Czy masz zainstalowanego klaptopdaemon?

----------

## Nomen

 *lmmsci wrote:*   

> Czy masz zainstalowanego klaptopdaemon?

 

tak

----------

## SlashBeast

Ja odpaliłem chwilę temu KDE i nie posiadam tego deamona, wszystko działa. Ten sam model laptopa, jasność jest regulowana przez fn+f9 i f10.

----------

## Nomen

 *SlashBeast wrote:*   

> Ja odpaliłem chwilę temu KDE i nie posiadam tego deamona, wszystko działa. Ten sam model laptopa, jasność jest regulowana przez fn+f9 i f10.

 

Kurcze to miło  :Smile: 

Mam mgliste wspomnienia ,ze mi te klawisze przestaly dzialac po ktoryms przekompilowaniu jadra lub zabawa z suspend, ale moge sie mylic bo przeciez pod konsola dziala. 

Sprobuje jeszcze moze odpalic jakies livecd i przekopiowac xorg.cfg ,moze mam cos nie tak u siebie.

Ewentualnie jakbys mogl mi wyslac swoj .config z /usr/src/linux to bylbym wdzoeczny bo byc moze ma znaczenie w Power Managment co jest wkompilowane jako modul a co na stale i przez to moze sie krzaczy. 

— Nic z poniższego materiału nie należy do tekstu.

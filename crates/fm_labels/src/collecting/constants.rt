//! The constant labels of a registry.
ghost use Rattle.std.specs.Prelude.{◌≡◌, ◌⊎◌, ◌++◌, [], false, None, OnOk, OnErr, IfSome, MatchResult};
ghost use Rattle.fm_grammar.specs.LabelPairs.{labels_of};
ghost use Rattle.fm_grammar.specs.WellFormed.{AreLabels};
ghost use Rattle.fm_labels.specs.Labels.{LabelsValid, LabelsFault, all_written, emitted_again};
ghost use Rattle.fm_labels.specs.Refusals.{OwnRefusal};
ghost use Rattle.fm_labels.specs.WrittenLabels.{AreWritten};
ghost use Rattle.fm_labels.specs.inside.Constants.{AreTested};

use crate::collecting::after::gather_labels;
use crate::collecting::written::WrittenLabels;
use crate::label::{LabelSetEncoder, gathering};
use crate::label_set::EncodeLabelSet;
use crate::names::has_reserved;
use fm_grammar::MetricType;
use fm_raw::EncodeError;
use fm_text::LabelText;
use std::alloc::{AllocError, Global};
use std::marker::Model;
use std::mem;

// Adds the labels that a label set emits, after those that the encoder has. Kept labels are copied, unless one of them has the name of a
// label that the encoder has.
fn add_labels<LS: EncodeLabelSet>(
    encoder: &mut LabelSetEncoder,
    written: Option<&WrittenLabels>,
    labels: &LS,
) -> Result<(), EncodeError>
    requires accepting { encoder.old.refused ≡ None }
    requires written { IfSome written (λ k. AreWritten (LS.labels labels.now) k.now) }
    ensures same_type { encoder.new.metric_type ≡ encoder.old.metric_type }
    ensures gathered { MatchResult result
        (λ _. LabelsValid encoder.old.metric_type encoder.old.labels (LS.labels labels.now)
        × (encoder.new.labels ≡ encoder.old.labels ++ all_written (LS.labels labels.now)))
        (λ k. OwnRefusal (LS.may_fault labels.now) k
        ⊎ LabelsFault k encoder.old.metric_type encoder.old.labels (LS.labels labels.now)) }
{
    if let Some(written) = written {
        if !gathering::text(encoder).has_name_of(&written.labels) {
            return Ok(gathering::append(encoder, &written.labels)?);
        }
    }
    gather_labels(encoder, labels)
}

// Replaces labels by copies of these. Fails if memory runs out.
fn replace(text: &mut LabelText, labels: &[(String, String)]) -> Result<(), AllocError>
    ensures { OnOk result (text.new.labels ≡ labels_of labels.now) }
{
    text.clear();
    for label in labels {
        text.push(label.0.as_str(), label.1.as_str())?;
    }
    Ok(())
}

/// The constant labels of a registry, tested for the type of its current family.
pub struct ConstantLabels {
    labels: LabelText,
    // Takes the labels of the next registry, and is then swapped with those before.
    next: LabelText,
    // Whether one of them has the name that the family's type reserves.
    has_reserved: bool,
}

impl Drop for ConstantLabels {
    fn drop(self) {
        let ConstantLabels {
            labels: _,
            next: _,
            has_reserved: _,
        } = self;
    }
}

impl Model for ConstantLabels {
    ghost use Rattle.fm_grammar.specs.WellFormed.{AreLabels};
    ghost use Rattle.fm_labels.specs.inside.Constants.{FamilyConstants};

    ghost Value = { FamilyConstants };

    ghost view = { λ c. record { labels = c.labels.labels; has_reserved = c.has_reserved } };

    ghost invariant = { λ c. AreLabels c.labels.labels };
}

impl ConstantLabels {
    /// No labels.
    pub fn none(alloc: Global) -> ConstantLabels
        ensures { result ≡ record { labels = []; has_reserved = false } }
    {
        ConstantLabels {
            labels: LabelText::new(alloc),
            next: LabelText::new(alloc),
            has_reserved: false,
        }
    }

    /// Goes on to these labels of a registry, tested for a family of this type, unless they are those before. Fails if memory runs
    /// out, and then changes nothing.
    pub fn enter(
        &mut self,
        metric_type: MetricType,
        labels: &[(String, String)],
    ) -> Result<(), AllocError>
        requires labels { AreLabels (labels_of labels.now) }
        requires tested { AreTested metric_type self.old }
        ensures tested { OnOk result (AreTested metric_type self.new) }
        ensures entered { OnOk result (self.new.labels ≡ labels_of labels.now) }
        ensures kept { OnErr result (self.new ≡ self.old) }
    {
        if self.labels.are(labels) {
            return Ok(());
        }
        replace(&mut self.next, labels)?;
        let has_reserved = has_reserved(metric_type, &self.next);
        mem::swap(&mut self.labels, &mut self.next);
        self.has_reserved = has_reserved;
        Ok(())
    }

    /// Goes on to a family of this type, for which the labels are tested.
    pub fn begin(&mut self, metric_type: MetricType)
        ensures tested { AreTested metric_type self.new }
        ensures labels { self.new.labels ≡ self.old.labels }
    {
        self.has_reserved = has_reserved(metric_type, &self.labels);
    }

    /// Replaces the encoder's labels by the constant labels, followed by these; all of them are valid. Its errors are those of all
    /// these labels, and one of the label set's own is `Memory` or `MetricFault`. Fails with `Memory` if memory runs out.
    pub fn followed_by<LS: EncodeLabelSet>(
        &self,
        encoder: &mut LabelSetEncoder,
        written: Option<&WrittenLabels>,
        labels: &LS,
    ) -> Result<(), EncodeError>
        requires tested { AreTested encoder.old.metric_type self.now }
        requires written { IfSome written (λ k. AreWritten (LS.labels labels.now) k.now) }
        ensures same_type { encoder.new.metric_type ≡ encoder.old.metric_type }
        ensures gathered { let all = emitted_again self.now.labels ++ LS.labels labels.now in
            MatchResult result
            (λ _. LabelsValid encoder.old.metric_type [] all
            × (encoder.new.labels ≡ all_written all))
            (λ k. OwnRefusal (LS.may_fault labels.now) k
            ⊎ LabelsFault k encoder.old.metric_type [] all) }
    {
        if self.has_reserved {
            return Err(EncodeError::ReservedLabel);
        }
        if self.labels.len() > 0 {
            gathering::restart(encoder, &self.labels)?;
            add_labels(encoder, written, labels)?;
        } else if let Some(written) = written {
            gathering::restart(encoder, &written.labels)?;
        } else {
            let metric_type = gathering::metric_type(encoder);
            gathering::begin(encoder, metric_type);
            gather_labels(encoder, labels)?;
        }
        Ok(())
    }
}
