//! Labels that are read once and kept, so that each later reading copies them.
ghost use Rattle.std.specs.Prelude.{◌≡◌, [], IfOk, IfErr, IfSome};
ghost use Rattle.fm_grammar.specs.declared.MetricType.{MetricType};
ghost use Rattle.fm_raw.specs.declared.encode_error.EncodeError.{EncodeError};
ghost use Rattle.fm_labels.specs.WrittenLabels.{AreWritten};
ghost use Rattle.fm_labels.specs.Labels.{LabelsValid, all_written};

use crate::label::gathering;
use crate::label_set::EncodeLabelSet;
use crate::names::has_any_reserved;
use fm_grammar::MetricType;
use fm_raw::EncodeError;
use fm_text::LabelText;
use std::alloc::Global;
use std::marker::Model;

// The labels of a label set, if they are valid in a family whose type reserves no name and which has no constant labels.
fn valid_labels<LS: EncodeLabelSet>(alloc: Global, labels: &LS) -> Result<LabelText, EncodeError>
    ensures { IfOk result (λ text. LabelsValid MetricType.Unknown [] (LS.labels labels.now)
        × (text.labels ≡ all_written (LS.labels labels.now))) }
{
    let mut encoder = gathering::new(alloc, MetricType::Unknown);
    let visited = labels.encode(&mut encoder);
    gathering::outcome(&encoder, visited)?;
    Ok(encoder.into_text())
}

/// The labels of a label set, as they are written. They are valid in a family of any type that has no constant labels.
pub struct WrittenLabels {
    pub labels: LabelText,
}

impl Drop for WrittenLabels {
    fn drop(self) {
        let WrittenLabels { labels: _ } = self;
    }
}

impl Model for WrittenLabels {
    ghost use Rattle.std.specs.Prelude.{List};
    ghost use Rattle.fm_grammar.specs.Exposition.{Label};

    ghost Value = { List Label };

    ghost view = { λ k. k.labels.labels };
}

impl WrittenLabels {
    /// The labels of this label set, or `None` if they are not valid in each family: a name is invalid, two labels have the same
    /// name, one has a name that some type reserves (`le`, `quantile`), a label is malformed, or the label set returns an error of
    /// its own. Fails with `Memory` if memory runs out, or if the label set returns `Memory`.
    pub fn read<LS: EncodeLabelSet>(
        alloc: Global,
        labels: &LS,
    ) -> Result<Option<WrittenLabels>, EncodeError>
        ensures read { IfOk result (λ read. IfSome read (AreWritten (LS.labels labels.now))) }
        ensures memory { IfErr result (λ e. e ≡ EncodeError.Memory) }
    {
        match valid_labels(alloc, labels) {
            Ok(labels) => {
                if has_any_reserved(&labels) {
                    return Ok(None);
                }
                Ok(Some(WrittenLabels { labels }))
            }
            Err(EncodeError::Memory) => Err(EncodeError::Memory),
            Err(_) => Ok(None),
        }
    }
}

Moj mail greenorange@o2.pl

----------

## SlashBeast

Moje konfigi:

http://dajszela.eu.org/~slashbeast/jinchuuriki/

btw. tez Ci sie wydaje klapa od laptopa mało solidnie zrobiona? Ugina się jak mocnej palcami nacisniesz troche. Tyle, ze ja mam ten model z Core2 2.2 i 160G dyskiem.

----------

## Nomen

 *SlashBeast wrote:*   

> Moje konfigi:
> 
> http://dajszela.eu.org/~slashbeast/jinchuuriki/ 

 

Dzieki przejrze po pracy

 *SlashBeast wrote:*   

> 
> 
> btw. tez Ci sie wydaje klapa od laptopa mało solidnie zrobiona? Ugina się jak mocnej palcami nacisniesz troche. Tyle, ze ja mam ten model z Core2 2.2 i 160G dyskiem.

 

Jakos nie zauwazylem - nie siadam na niej, gwozdzi nia nie wbijam wiec nie zwracam uwagi  :Smile: 

BTW na starych laptopach IBM'a takie sztuszki przechodzily  :Smile: 

----------